Working from the entries below, count every line that includes the word "RowPlace". Return the figure alone.
- - -
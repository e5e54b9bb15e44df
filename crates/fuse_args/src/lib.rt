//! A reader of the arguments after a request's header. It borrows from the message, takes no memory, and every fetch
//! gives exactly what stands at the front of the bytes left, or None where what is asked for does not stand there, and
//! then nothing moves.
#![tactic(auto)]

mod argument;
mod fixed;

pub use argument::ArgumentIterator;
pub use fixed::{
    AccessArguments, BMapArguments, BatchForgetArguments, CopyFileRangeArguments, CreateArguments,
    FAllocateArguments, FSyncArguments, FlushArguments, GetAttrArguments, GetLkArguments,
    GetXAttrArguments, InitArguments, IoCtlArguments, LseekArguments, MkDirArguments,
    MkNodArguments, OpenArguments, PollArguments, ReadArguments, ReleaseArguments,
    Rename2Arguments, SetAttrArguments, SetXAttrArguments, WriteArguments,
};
- - -
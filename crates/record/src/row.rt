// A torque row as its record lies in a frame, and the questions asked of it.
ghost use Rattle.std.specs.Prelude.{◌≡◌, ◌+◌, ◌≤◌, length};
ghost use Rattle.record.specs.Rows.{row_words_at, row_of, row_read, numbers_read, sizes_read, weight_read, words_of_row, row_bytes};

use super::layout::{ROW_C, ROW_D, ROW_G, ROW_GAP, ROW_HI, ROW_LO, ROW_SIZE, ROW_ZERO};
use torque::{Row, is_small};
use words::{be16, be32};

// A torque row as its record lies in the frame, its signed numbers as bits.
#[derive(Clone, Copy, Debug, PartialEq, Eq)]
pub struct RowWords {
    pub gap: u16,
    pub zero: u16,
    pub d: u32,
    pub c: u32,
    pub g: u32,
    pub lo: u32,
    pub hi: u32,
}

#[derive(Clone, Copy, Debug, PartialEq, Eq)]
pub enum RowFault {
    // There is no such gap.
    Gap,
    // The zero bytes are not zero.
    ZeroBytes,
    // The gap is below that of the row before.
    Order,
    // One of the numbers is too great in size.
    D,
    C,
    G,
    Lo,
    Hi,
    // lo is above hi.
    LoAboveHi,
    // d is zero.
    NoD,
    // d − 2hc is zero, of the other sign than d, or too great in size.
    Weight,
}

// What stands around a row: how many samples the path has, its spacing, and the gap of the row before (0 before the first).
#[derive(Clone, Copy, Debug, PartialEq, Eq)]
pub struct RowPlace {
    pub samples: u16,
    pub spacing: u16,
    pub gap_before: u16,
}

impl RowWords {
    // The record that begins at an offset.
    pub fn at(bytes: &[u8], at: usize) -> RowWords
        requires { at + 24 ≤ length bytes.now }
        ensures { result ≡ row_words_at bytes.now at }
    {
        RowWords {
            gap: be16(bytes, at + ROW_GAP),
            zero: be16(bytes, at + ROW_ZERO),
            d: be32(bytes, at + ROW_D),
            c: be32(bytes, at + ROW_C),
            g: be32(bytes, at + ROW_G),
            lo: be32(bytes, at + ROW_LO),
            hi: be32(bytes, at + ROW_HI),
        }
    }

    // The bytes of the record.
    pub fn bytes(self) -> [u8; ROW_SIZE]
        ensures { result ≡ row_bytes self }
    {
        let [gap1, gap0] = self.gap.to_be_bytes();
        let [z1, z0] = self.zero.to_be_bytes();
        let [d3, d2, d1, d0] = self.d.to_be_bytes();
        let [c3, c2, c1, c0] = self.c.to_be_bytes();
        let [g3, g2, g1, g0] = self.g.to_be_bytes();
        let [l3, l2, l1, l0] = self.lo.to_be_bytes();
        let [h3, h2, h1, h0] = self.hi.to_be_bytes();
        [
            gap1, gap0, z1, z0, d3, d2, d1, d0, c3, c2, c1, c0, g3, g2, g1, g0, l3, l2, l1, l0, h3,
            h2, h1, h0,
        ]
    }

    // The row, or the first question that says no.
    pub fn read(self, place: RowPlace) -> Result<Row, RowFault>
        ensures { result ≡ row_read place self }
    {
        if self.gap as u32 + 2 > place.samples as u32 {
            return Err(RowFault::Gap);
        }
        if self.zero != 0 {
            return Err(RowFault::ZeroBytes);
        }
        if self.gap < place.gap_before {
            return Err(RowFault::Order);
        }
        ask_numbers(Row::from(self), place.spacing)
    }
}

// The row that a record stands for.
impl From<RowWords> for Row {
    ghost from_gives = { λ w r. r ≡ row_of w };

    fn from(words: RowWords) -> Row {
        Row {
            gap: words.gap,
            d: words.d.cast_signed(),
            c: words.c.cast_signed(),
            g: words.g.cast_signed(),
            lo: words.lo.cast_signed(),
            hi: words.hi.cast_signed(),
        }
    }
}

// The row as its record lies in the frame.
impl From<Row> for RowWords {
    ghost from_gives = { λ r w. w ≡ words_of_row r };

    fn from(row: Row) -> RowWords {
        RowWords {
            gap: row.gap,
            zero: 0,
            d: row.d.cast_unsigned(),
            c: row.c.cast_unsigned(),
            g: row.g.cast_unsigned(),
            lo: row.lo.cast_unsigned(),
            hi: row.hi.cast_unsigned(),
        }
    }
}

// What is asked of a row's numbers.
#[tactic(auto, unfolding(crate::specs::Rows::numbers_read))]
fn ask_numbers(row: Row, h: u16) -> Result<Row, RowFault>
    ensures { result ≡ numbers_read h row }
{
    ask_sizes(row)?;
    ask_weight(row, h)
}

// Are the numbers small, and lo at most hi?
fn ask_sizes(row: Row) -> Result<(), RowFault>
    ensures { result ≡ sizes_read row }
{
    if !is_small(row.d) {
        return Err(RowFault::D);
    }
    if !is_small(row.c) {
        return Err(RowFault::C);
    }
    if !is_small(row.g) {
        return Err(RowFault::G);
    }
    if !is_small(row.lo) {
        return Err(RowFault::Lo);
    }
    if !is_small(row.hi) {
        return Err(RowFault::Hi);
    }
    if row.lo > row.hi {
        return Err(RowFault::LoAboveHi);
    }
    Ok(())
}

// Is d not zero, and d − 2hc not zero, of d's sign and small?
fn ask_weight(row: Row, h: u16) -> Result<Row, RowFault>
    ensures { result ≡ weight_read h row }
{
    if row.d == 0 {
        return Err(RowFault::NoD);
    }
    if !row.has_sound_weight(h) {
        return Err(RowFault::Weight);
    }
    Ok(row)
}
- - -
# [Solution to this task]
2